In the past five days, Rosemary Parker at the Kalamazoo Gazette has quoted Beyond Nuclear's Kevin Kamps in two articles focused on the radioactive risks of the Palisades atomic reactor on the Lake Michigan shoreline. On. Feb. 19th, in an article entitled "Is Southwest Michigan ready for nuclear emergency?", she reported:
'...But nuclear watchdog groups point to the hundreds of hours of additional oversight required by the NRC, the plant's aging equipment, the many glitches at the plant in recent months. The group Beyond Nuclear immediately responded to the change of Palisade's regulatory status with calls to "close it down before it melts down."

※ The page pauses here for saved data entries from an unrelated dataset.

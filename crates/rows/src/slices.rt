// One slice out of rows of numbers.
ghost use Rattle.std.specs.Prelude.{◌≡◌};
ghost use Rattle.rows.specs.Rows.{read_range, read_slice};

use slice::{KRange, SviSlice};

pub fn read_range(row: &[f64; 2]) -> KRange
    ensures { result ≡ read_range row.now }
{
    KRange {
        lo: row[0],
        hi: row[1],
    }
}

pub fn read_slice(row: &[f64; 8]) -> SviSlice
    ensures { result ≡ read_slice row.now }
{
    SviSlice {
        tau: row[0],
        a: row[1],
        b: row[2],
        rho: row[3],
        m: row[4],
        sigma: row[5],
        k_range: KRange {
            lo: row[6],
            hi: row[7],
        },
    }
}
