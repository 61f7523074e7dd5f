// The settings and the answer of a fit, and the limits of a cell, as rows of numbers.
ghost use Rattle.std.specs.Prelude.{◌≡◌};
ghost use Rattle.rows.specs.Rows.{read_config, read_limits, fit_counts, fit_values};

use cell::Limits;
use records::{FitAnswer, FitConfig};

pub fn read_config(sizes: &[usize; 4], reals: &[f64; 7]) -> FitConfig
    ensures { result ≡ read_config sizes.now reals.now }
{
    FitConfig {
        grid: sizes[0],
        refinements: sizes[1],
        max_recentres: sizes[2],
        sigma_lo: reals[0],
        sigma_hi: reals[1],
        a_min: reals[2],
        min_observations: sizes[3],
        max_rmse_vol: reals[3],
        pivot_tolerance: reals[4],
        feasibility_tolerance: reals[5],
        max_weight_ratio: reals[6],
    }
}

pub fn read_limits(row: &[f64; 4]) -> Limits
    ensures { result ≡ read_limits row.now }
{
    Limits {
        a_min: row[0],
        a_max: row[1],
        pivot_tolerance: row[2],
        feasibility_tolerance: row[3],
    }
}

pub fn fit_counts(a: FitAnswer) -> [usize; 9]
    ensures { result ≡ fit_counts a }
{
    let n = a.counts;
    [
        a.observed,
        a.required,
        n.passes,
        n.recentres,
        n.shrinks,
        n.cells,
        n.faces,
        n.updates,
        a.capped,
    ]
}

pub fn fit_values(a: FitAnswer) -> [f64; 14]
    ensures { result ≡ fit_values a }
{
    let s = a.slice;
    [
        a.rmse_vol,
        a.max_rmse_vol,
        s.tau,
        s.a,
        s.b,
        s.rho,
        s.m,
        s.sigma,
        s.k_range.lo,
        s.k_range.hi,
        a.objective,
        a.objective_params,
        a.lee_margin,
        a.a_margin,
    ]
}
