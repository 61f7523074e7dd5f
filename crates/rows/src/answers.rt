// The answers about points and surfaces as the rows of numbers that leave the library: the number of a refusal, or 0, and the values. A refusal carries zeros.
ghost use Rattle.std.specs.Prelude.{◌≡◌, [], ◌∷◌};
ghost use Rattle.rows.specs.Answers.{policy_of, policy_number, total_answer, no_diagnostics, bracket_for, region_for, total_for, covers_for, diagnosed_for, room_for, total_row, places_row, weight_in, is_calibrated, diagnosed_counts, diagnosed_worst, check_of, check_at, report_at};
ghost use Rattle.rows.specs.Flag.{flag};

use crate::{numbered, told, told_number};
use diagnostics::report::{DiagnosticsConfig, SurfaceDiagnostics};
use diagnostics::tally::{Check, DiagnosticPoint, Worst};
use point::TotalVariance;
use surface::types::{Bracket, Region, Run, ShortExpiryPolicy};

// ---- a policy as a number

// Both stay: the numbers are C's (PORT_REJECT, PORT_CONSTANT_VOL), and a From of them would have to stand in crate surface, which knows of no C.

// A refusal is for callers who name it: 0 is Reject, every other number is ConstantVol.
fn policy_of(policy: u32) -> ShortExpiryPolicy
    ensures { result ≡ policy_of policy }
{
    if policy == 0 {
        return ShortExpiryPolicy::Reject;
    }
    ShortExpiryPolicy::ConstantVol
}

pub fn policy_number(policy: ShortExpiryPolicy) -> u32
    ensures { result ≡ policy_number policy }
{
    match policy {
        ShortExpiryPolicy::Reject => 0,
        ShortExpiryPolicy::ConstantVol => 1,
    }
}

// ---- a record as its rows, and back

// Of any number in the place of a total variance.
pub fn write_total(t: Result<TotalVariance, u32>, total: &mut [f64; 4]) -> u32
    ensures { (result ≡ (total_answer t).number) × (total.new ≡ total_row (total_answer t).value) }
{
    let a = told_number(t, TotalVariance::default());
    let v = a.value;
    *total = [v.w, v.w_k, v.w_kk, v.w_tau];
    a.number
}

fn no_diagnostics() -> SurfaceDiagnostics
    ensures { result ≡ no_diagnostics }
{
    SurfaceDiagnostics {
        butterfly: Check::default(),
        calendar_slope: Check::default(),
        calendar_gap: Check::default(),
        evaluation_failures: 0,
    }
}

fn write_report(d: SurfaceDiagnostics, counts: &mut [usize; 10], worst: &mut [f64; 9])
    ensures { (counts.new ≡ diagnosed_counts d) × (worst.new ≡ diagnosed_worst d) }
{
    let b = d.butterfly;
    let s = d.calendar_slope;
    let g = d.calendar_gap;
    *counts = [
        b.points,
        b.violations,
        usize::from(b.worst.found),
        s.points,
        s.violations,
        usize::from(s.worst.found),
        g.points,
        g.violations,
        usize::from(g.worst.found),
        d.evaluation_failures,
    ];
    *worst = [
        b.worst.at.k,
        b.worst.at.tau,
        b.worst.at.value,
        s.worst.at.k,
        s.worst.at.tau,
        s.worst.at.value,
        g.worst.at.k,
        g.worst.at.tau,
        g.worst.at.value,
    ];
}

fn check_of(points: usize, violations: usize, found: usize, k: f64, tau: f64, value: f64) -> Check
    ensures { result ≡ check_of points violations found k tau value }
{
    Check {
        points,
        violations,
        worst: Worst {
            found: found != 0,
            at: DiagnosticPoint { k, tau, value },
        },
    }
}

pub fn check_at(counts: &[usize; 3], worst: &[f64; 3]) -> Check
    ensures { result ≡ check_at 0 counts.now worst.now }
{
    check_of(
        counts[0], counts[1], counts[2], worst[0], worst[1], worst[2],
    )
}

pub fn report_at(counts: &[usize; 10], worst: &[f64; 9]) -> SurfaceDiagnostics
    ensures { result ≡ report_at counts.now worst.now }
{
    SurfaceDiagnostics {
        butterfly: check_of(
            counts[0], counts[1], counts[2], worst[0], worst[1], worst[2],
        ),
        calendar_slope: check_of(
            counts[3], counts[4], counts[5], worst[3], worst[4], worst[5],
        ),
        calendar_gap: check_of(
            counts[6], counts[7], counts[8], worst[6], worst[7], worst[8],
        ),
        evaluation_failures: counts[9],
    }
}

// ---- of a copied run

pub fn bracket_of(
    run: Run,
    policy: u32,
    k: f64,
    tau: f64,
    places: &mut [usize; 3],
    x: &mut [f64; 1],
) -> u32
    ensures { (result ≡ (bracket_for run policy k tau).number) × (places.new ≡ places_row (bracket_for run policy k tau).value) × (x.new ≡ weight_in (bracket_for run policy k tau).value ∷ []) }
{
    let none = Bracket::Segment {
        lo: 0,
        hi: 0,
        x: 0.0,
    };
    let bracket = surface::answers::bracket_run(run, policy_of(policy), k, tau);
    let a = told(bracket, none);
    match a.value {
        Bracket::Short => {
            *places = [1, 0, 0];
            *x = [0.0];
        }
        Bracket::Segment { lo, hi, x: weight } => {
            *places = [0, lo, hi];
            *x = [weight];
        }
    }
    a.number
}

pub fn region_of(run: Run, policy: u32, k: f64, tau: f64, calibrated: &mut [usize; 1]) -> u32
    ensures { (result ≡ (region_for run policy k tau).number) × (calibrated.new ≡ flag (is_calibrated (region_for run policy k tau).value) ∷ []) }
{
    let region = surface::answers::region_run(run, policy_of(policy), k, tau);
    let a = told(region, Region::Extrapolated);
    let yes = match a.value {
        Region::Calibrated => 1,
        Region::Extrapolated => 0,
    };
    *calibrated = [yes];
    a.number
}

pub fn total_of(run: Run, policy: u32, k: f64, tau: f64, total: &mut [f64; 4]) -> u32
    ensures { (result ≡ (total_for run policy k tau).number) × (total.new ≡ total_row (total_for run policy k tau).value) }
{
    let t = surface::answers::total_variance_run(run, policy_of(policy), k, tau);
    write_total(numbered(t), total)
}

pub fn covers_of(run: Run, ks: &[f64], taus: &[f64], all: &mut [usize; 1]) -> u32
    ensures { (result ≡ (covers_for run ks.now taus.now).number) × (all.new ≡ flag (covers_for run ks.now taus.now).value ∷ []) }
{
    let a = told(surface::answers::covers_run(run, ks, taus), false);
    *all = [usize::from(a.value)];
    a.number
}

pub fn diagnose_of(
    run: Run,
    policy: u32,
    ks: &[f64],
    taus: &[f64],
    butterfly_tolerance: f64,
    calendar_tolerance: f64,
    room: &mut [f64],
    counts: &mut [usize; 10],
    worst: &mut [f64; 9],
) -> u32
    ensures { (result ≡ (diagnosed_for run policy ks.now taus.now butterfly_tolerance calendar_tolerance room.old).number) × (room.new ≡ room_for run policy ks.now taus.now butterfly_tolerance calendar_tolerance room.old) × (counts.new ≡ diagnosed_counts (diagnosed_for run policy ks.now taus.now butterfly_tolerance calendar_tolerance room.old).value) × (worst.new ≡ diagnosed_worst (diagnosed_for run policy ks.now taus.now butterfly_tolerance calendar_tolerance room.old).value) }
{
    let config = DiagnosticsConfig {
        butterfly_tolerance,
        calendar_tolerance,
    };
    let report = diagnostics::report::diagnose_run(run, policy_of(policy), ks, taus, config, room);
    let a = told(report, no_diagnostics());
    write_report(a.value, counts, worst);
    a.number
}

...Kevin Kamps, whose title is "radioactive waste watchdog" for the antinuclear group Beyond Nuclear, envisions a more unnerving worst-case scenario, akin to the disastrous 1986 explosion at Chernobyl in Ukraine, where radioactive contamination was released into the atmosphere and traveled for miles.
In his view, disaster at Palisades could put the city of Chicago's drinking water supply at risk, wipe out Southwest Michigan's fruit belt orchards, destroy the area's tourism industry for years and make ghost towns out of thriving lakeshore communities.'
Parker also quoted Kevin's response to recent high-risk accidents at Palisades in a Feb. 16th article.
NRC recently downgraded Palisades' safety status after a series of accidents in 2011. The agency plans stepped up inspections till the end of this year. However, NRC's rubberstamp of Palisades' 20 year license extension -- despite intense environmental resistance -- is the only reason the 41 year old reactor is still operating at all.
Kevin was born and raised in Kalamazoo. His anti-nuclear power activism began at Palisades in 1992.
Tina Lam at the Detroit Free Press also reported on NRC's safety downgrade at Palisades, mentioning: "Beyond Nuclear, an anti-nuclear group, said Palisades is risky to those who get drinking water from Lake Michigan, and it should be shut down."